Saturday, August 31, 2013

Among Syrian Opposition, Mixed Feelings About U.S. Missile Plan

fearless leader


BEIRUT -- As the U.S. continues to ramp up its plans to target the Syrian military with cruise missile strikes, Syrian citizens and opposition figures have voiced a mix of optimism and deep concern about what may happen aftermath of a bombing raid.
The Obama administration has indicated that it is in the final stages of planning a limited strike, using cruise missiles, against a series of Syrian military targets in response to last Wednesday's apparent chemical weapons attack that the U.S. says left more than a thousand civilians dead. On Friday, the administration released an intelligence report that it said pointed to proof that chemical weapons had been deployed, and that the regime was culpable.

It is exactly the sort of intervention that many Syrian opposition groups have called for, but not everyone is so enthusiastic about the consequences. 

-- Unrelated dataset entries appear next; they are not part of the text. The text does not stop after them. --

//! Laws of every graph in rows.

ghost use Rattle.csr_graph.specs.Graph.{RowsAreRuns, RowsDetermine, RunsAreRows};

/// The arcs that leave a vertex stand from its first place to its end.
pub fn rows_are_runs()
    ensures { RowsAreRuns }
{}

/// No other arc stands from its first place to its end.
pub fn runs_are_rows()
    ensures { RunsAreRows }
{}

/// Rows determine the list of arcs.
pub fn rows_determine()
    ensures { RowsDetermine }
{}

Abdulkader al Dhon, a Syrian human rights activist who now lives in Turkey but travels regularly to his home country, said on Friday that many people he speaks with are worried that the U.S. war plan could spiral into a larger conflict.

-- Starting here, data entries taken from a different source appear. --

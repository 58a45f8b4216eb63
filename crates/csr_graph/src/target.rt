//! The target of an arc.

ghost use Rattle.std.specs.Prelude.{◌≡◌, map};
ghost use Rattle.csr_graph.specs.Layout.{unit_target};

/// The vertex at an arc's head, and the arc's weight.
#[derive(Clone, Copy, Debug, PartialEq, Eq)]
pub struct Target {
    pub head: u32,
    pub weight: u32,
}

/// Sets the weight of each target to 1.
pub(crate) fn set_unit_weights(targets: &mut [Target])
    ensures { targets.new ≡ map unit_target targets.old }
{
    for target in targets.iter_mut() {
        *target = Target {
            head: target.head,
            weight: 1,
        };
    }
}
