impl<L: LockTable + Drop> Server<L> {
    pub(crate) fn on_query(
        &mut self,
        spare: &mut Spare<Letter>,
        scenario: &Scenario,
        sent: Place,
        request: &QueryRequest,
    ) -> Result<Reaction, NoMemory>
        requires { HasFewRules scenario.now }
        ensures { IfOk result (λ reaction.
            Gives (row.on_query scenario.now self.old sent request.now) self.new reaction) }
    {
        let alloc = spare.alloc();
        if !self.is_open(request.txn) {
            return Ok(ignored(alloc));
        }
        let Some(entry) = self.entry_at(request.txn) else {
            return self.on_first_query(spare, scenario, sent, request);
        };
        if entry.ballot.is_some() {
            return Ok(ignored(alloc));
        }
        if names_another_epoch(entry, request) {
            return self.restarts(spare, request);
        }
        if let Some(given) = answer_to(entry, request.query) {
            let given = given.try_clone(alloc)?;
            return self.answers(spare, request.txn, given);
        }
        if entry.waiting.is_some() {
            return Ok(ignored(alloc));
        }
        self.asks(spare, scenario, sent, request)
    }

    /// A query of a transaction that has no entry.
    fn on_first_query(
        &mut self,
        spare: &mut Spare<Letter>,
        scenario: &Scenario,
        sent: Place,
        request: &QueryRequest,
    ) -> Result<Reaction, NoMemory>
        requires { HasFewRules scenario.now }
        ensures { row.entry_at self.old request.now.txn ≡ None → IfOk result (λ reaction.
            Gives
            (row.on_open_query scenario.now self.old sent request.now None)
            self.new reaction) }
    {
        if request.epoch.is_some() {
            return self.restarts(spare, request);
        }
        self.asks(spare, scenario, sent, request)
    }

    /// A query asks for the lock on its item.
    fn asks(
        &mut self,
        spare: &mut Spare<Letter>,
        scenario: &Scenario,
        sent: Place,
        request: &QueryRequest,
    ) -> Result<Reaction, NoMemory>
        requires { HasFewRules scenario.now }
        ensures { IfOk result (λ reaction.
            Gives
            (row.asks scenario.now self.old request.now
            (entry_of self.old sent request.now))
            self.new reaction) }
    {
        let alloc = spare.alloc();
        let Some(query) = asked_query(scenario, request) else {
            return Ok(ignored(alloc));
        };
        let Some(value) = self.value_of_run(request, query) else {
            return Ok(ignored(alloc));
        };
        let age = self.age_at(sent, request);
        let item = item_of(query);
        let asked = self
            .locks
            .request(alloc, request.txn, age, item, action_of(query))?;
        match asked {
            Asked::Granted => {
                let letter = self.runs(alloc, scenario, sent, request, query, value)?;
                sent_alone(spare, letter)
            }
            Asked::Waits => self.waits(alloc, sent, request),
            // an older transaction stands in the way
            Asked::Dies { other } => {
                let letter = self.answers_with(alloc, sent, request, Answer::Died { other })?;
                sent_alone(spare, letter)
            }
        }
    }

    /// The place of the transaction's submission: as its entry has it, or as the request tells it.
    fn age_at(&self, sent: Place, request: &QueryRequest) -> Place
        ensures { result ≡ (entry_of self.now sent request.now).age }
    {
        match self.entry_at(request.txn) {
            Some(entry) => entry.age,
            None => request.age.unwrap_or(sent),
        }
    }

    /// The query is kept until its lock is granted.
    #[tactic(auto, using(crate::proofs::Tables::set_twice))]
    fn waits(
        &mut self,
        alloc: Global,
        sent: Place,
        request: &QueryRequest,
    ) -> Result<Reaction, NoMemory>
        ensures { IfOk result (λ reaction.
            Gives
            (row.waits self.old request.now (entry_of self.old sent request.now))
            self.new reaction) }
    {
        let waiting = request.try_clone(alloc)?;
        let mut entry = self.take_entry(alloc, sent, request)?;
        entry.waiting = Some(waiting);
        self.entries.put(request.txn.0 as usize, entry)?;
        Ok(nothing(alloc))
    }

    /// An answer that ends the transaction is kept, and given by the letter.
    #[inline(always)]
    #[tactic(auto, using(crate::proofs::Tables::set_twice))]
    fn answers_with(
        &mut self,
        alloc: Global,
        sent: Place,
        request: &QueryRequest,
        given: Answer,
    ) -> Result<Letter, NoMemory>
        ensures { IfOk result (λ letter.
            row.answers_with self.old request.now (entry_of self.old sent request.now) given
            ≡ sends self.new (letter ∷ [])) }
    {
        let kept = given.try_clone(alloc)?;
        let mut entry = self.take_entry(alloc, sent, request)?;
        let epoch = entry.epoch;
        entry.answers.push(reply_of(request, epoch, kept))?;
        self.entries.put(request.txn.0 as usize, entry)?;
        Ok(self.reply(request.txn, Body::Done(reply_of(request, epoch, given))))
    }

    fn value_of_run(&self, request: &QueryRequest, query: &Query) -> Option<i128>
        ensures { result ≡ row.value_of_run self.now request.now query.now }
    {
        match query {
            Query::Read { item, .. } => Some(self.store.read(request.txn, *item)),
            Query::Write { .. } => request.value,
        }
    }

    /// A query that has its lock runs, unless the server knows a newer version than the pinned one, which is else learnt,
    /// or the query was asked with a staple and its proof is false; the letter answers it.
    fn runs(
        &mut self,
        alloc: Global,
        scenario: &Scenario,
        sent: Place,
        request: &QueryRequest,
        query: &Query,
        value: i128,
    ) -> Result<Letter, NoMemory>
        requires { HasFewRules scenario.now }
        ensures { IfOk result (λ letter.
            row.runs scenario.now self.old request.now query.now
            (entry_of self.old sent request.now)
            (ran.deed_of request.now.query query.now value)
            ≡ sends self.new (letter ∷ [])) }
    {
        let deed = deed_of(request.query, query, value);
        let admin = admin_of(scenario, deed.item);
        if let Some(newer) = self.newer_known(admin, request.pin) {
            return self.answers_with(alloc, sent, request, Answer::Newer(newer));
        }
        self.learns_pin(admin, request.pin);
        self.runs_proved(alloc, scenario, sent, request, query, deed)
    }

    /// The version that the server knows, if it is newer than the pinned one.
    fn newer_known(&self, admin: AdminId, pin: Option<Version>) -> Option<Newer>
        ensures { result ≡ row.newer_known self.now admin pin }
    {
        let used = pin?;
        let found = self.store.newest(admin);
        if used.0 < found.0 {
            Some(Newer { admin, used, found })
        } else {
            None
        }
    }

    fn learns_pin(&mut self, admin: AdminId, pin: Option<Version>)
        ensures { self.new ≡ verdicts.with_pin self.old admin pin }
    {
        if let Some(version) = pin {
            self.store.told(admin, version);
        }
    }

    /// A query runs, unless its proof is false.
    fn runs_proved(
        &mut self,
        alloc: Global,
        scenario: &Scenario,
        sent: Place,
        request: &QueryRequest,
        query: &Query,
        deed: Deed,
    ) -> Result<Letter, NoMemory>
        requires { HasFewRules scenario.now }
        ensures { IfOk result (λ letter.
            row.runs_by self.old request.now query.now (entry_of self.old sent request.now) deed
            (row.verdict_at scenario.now self.old request.now deed)
            ≡ sends self.new (letter ∷ [])) }
    {
        match self.verdict_at(alloc, scenario, request, deed)? {
            None => self.completes(alloc, sent, request, query, deed, None),
            Some(verdict) => {
                if verdict.rule.is_none() {
                    return self.answers_with(alloc, sent, request, Answer::Denied { verdict });
                }
                self.completes(alloc, sent, request, query, deed, Some(verdict))
            }
        }
    }

    /// The verdict on what a query does, where it was asked with a staple: by the version that the server knows.
    fn verdict_at(
        &self,
        alloc: Global,
        scenario: &Scenario,
        request: &QueryRequest,
        deed: Deed,
    ) -> Result<Option<Verdict>, NoMemory>
        requires { HasFewRules scenario.now }
        ensures { IfOk result (λ found.
            found ≡ row.verdict_at scenario.now self.now request.now deed) }
    {
        let Some(staple) = &request.staple else {
            return Ok(None);
        };
        let Some(txn) = scenario.txns.get(request.txn.0 as usize) else {
            return Ok(None);
        };
        let verdict = verdict_alone(alloc, scenario, self, txn, staple, deed)?;
        Ok(Some(verdict))
    }

    /// What the query does is kept, and answered by the letter.
    fn completes(
        &mut self,
        alloc: Global,
        sent: Place,
        request: &QueryRequest,
        query: &Query,
        deed: Deed,
        verdict: Option<Verdict>,
    ) -> Result<Letter, NoMemory>
        ensures { IfOk result (λ letter.
            row.completes self.old request.now query.now (entry_of self.old sent request.now)
            deed verdict
            ≡ sends self.new (letter ∷ [])) }
    {
        let kept = verdict.try_clone(alloc)?;
        let epoch = self.notes(alloc, sent, request, deed, kept)?;
        self.keep(alloc, request, query, deed.value)?;
        let given = ran_as(deed, verdict);
        Ok(self.reply(request.txn, Body::Done(reply_of(request, epoch, given))))
    }

    /// What waits at an owner's entry runs, and its answer is added to the letters.
    pub(crate) fn resumes(
        &mut self,
        alloc: Global,
        scenario: &Scenario,
        owner: TxnId,
        letters: &mut List<Letter>,
    ) -> Result<(), NoMemory>
        requires { HasFewRules scenario.now }
        ensures { OnOk result
            (Continues (row.resumes scenario.now self.old owner) self.new letters.old letters.new) }
    {
        let Some(request) = self.taken_waiting(owner)? else {
            return Ok(());
        };
        let resumed = self.resumes_at(alloc, scenario, &request, letters);
        drop(request);
        resumed
    }

    /// A query that waited runs, where its transaction has an entry.
    fn resumes_at(
        &mut self,
        alloc: Global,
        scenario: &Scenario,
        request: &QueryRequest,
        letters: &mut List<Letter>,
    ) -> Result<(), NoMemory>
        requires { HasFewRules scenario.now }
        ensures { OnOk result
            (Continues
            (row.resumes_at scenario.now self.old request.now
            (row.entry_at self.old request.now.txn))
            self.new letters.old letters.new) }
    {
        if self.entry_at(request.txn).is_none() {
            return Ok(());
        }
        let Some(query) = asked_query(scenario, request) else {
            return Ok(());
        };
        let Some(value) = self.value_of_run(request, query) else {
            return Ok(());
        };
        let letter = self.runs(alloc, scenario, 0, request, query, value)?;
        letters.push(letter)
    }

    /// Takes what waits at an owner's entry.
    #[tactic(auto, using(crate::proofs::Tables::set_twice))]
    fn taken_waiting(&mut self, owner: TxnId) -> Result<Option<QueryRequest>, NoMemory>
        ensures taken { IfOk result (λ waiting. waiting ≡ row.waiting_at self.old owner) }
        ensures left { OnOk result (self.new ≡ row.without_waiting self.old owner) }
    {
        match self.entries.take(owner.0 as usize) {
            None => Ok(None),
            Some(mut entry) => {
                let waiting = entry.waiting.take();
                self.entries.put(owner.0 as usize, entry)?;
                Ok(waiting)
            }
        }
    }

    /// Adds a deed, with its answer, to the entry of its transaction, and gives the entry's epoch.
    #[tactic(auto, using(crate::proofs::Tables::set_twice))]
    fn notes(
        &mut self,
        alloc: Global,
        sent: Place,
        request: &QueryRequest,
        deed: Deed,
        verdict: Option<Verdict>,
    ) -> Result<u64, NoMemory>
        ensures { IfOk result (λ epoch.
            IsNoted self.old sent request.now deed verdict self.new epoch) }
    {
        let mut entry = self.take_entry(alloc, sent, request)?;
        let epoch = entry.epoch;
        adds_run(entry.as_mut(), request, deed, verdict)?;
        self.entries.put(request.txn.0 as usize, entry)?;
        Ok(epoch)
    }

    /// Takes the entry of a transaction, or makes one.
    #[inline(always)]
    fn take_entry(
        &mut self,
        alloc: Global,
        sent: Place,
        request: &QueryRequest,
    ) -> Result<Box<Entry, Global>, NoMemory>
        ensures taken { IfOk result (λ entry. entry.value ≡ entry_of self.old sent request.now) }
        ensures left { OnOk result (self.new
            ≡ record self.old { entries = slice_set self.old.entries request.now.txn.0 None }) }
    {
        if let Some(entry) = self.entries.take(request.txn.0 as usize) {
            return Ok(entry);
        }
        self.entries
            .begun(alloc, request.age.unwrap_or(sent), self.epoch)
    }

    fn keep(
        &mut self,
        alloc: Global,
        request: &QueryRequest,
        query: &Query,
        value: i128,
    ) -> Result<(), NoMemory>
        ensures { OnOk result (self.new
            ≡ record self.old { store = row.kept_by self.old.store request.now query.now value }) }
    {
        match query {
            Query::Read { .. } => Ok(()),
            Query::Write { item, .. } => {
                self.store
                    .write(alloc, request.txn, request.query, *item, value)
            }
        }
    }

    /// What the transaction did here was lost in an earlier epoch.
    fn restarts(
        &self,
        spare: &mut Spare<Letter>,
        request: &QueryRequest,
    ) -> Result<Reaction, NoMemory>
        ensures { IfOk result (λ reaction.
            Gives (row.restarts self.now request.now) self.now reaction) }
    {
        let restarted = reply_of(request, self.epoch, Answer::Restarted);
        self.answers(spare, request.txn, restarted)
    }

    fn answers(
        &self,
        spare: &mut Spare<Letter>,
        txn: TxnId,
        given: DoneReply,
    ) -> Result<Reaction, NoMemory>
        ensures { IfOk result (λ reaction.
            Gives (row.answers self.now txn given) self.now reaction) }
    {
        let letter = self.reply(txn, Body::Done(given));
        sent_alone(spare, letter)
    }
}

"They are afraid," he told The Huffington Post by Skype. "They say that if this attack will be just for a few places in Damascus, maybe the big military bases, that's OK. But we don't want to open a new war for the next year. That would be terrible."

It's a view matched by a number of news reports in recent days, including a Tuesday Wall Street Journal article that quoted several skeptical rebel leaders along the Turkey-Syria border.

"The regime might use the attacks and say: 'we are victims,'" Col. Ahmed Hamada, a rebel military leader, said in the report. "They could grow more powerful."

In Beirut, a Syrian activist and analyst who stays in close contact with friends and allies in Damascus and elsewhere told HuffPost Friday that he was "surprised by the attitudes" of some of his friends in light of the U.S. plans. 


"Even some of the ones who are extremely anti-regime, they were still anti-intervention," said the analyst, who asked to remain anonymous. "A lot of them see the whole thing as hypocritical: they feel like the West doesn't start thinking about a serious solution to their problem until it starts to see it as a threat to their own national security."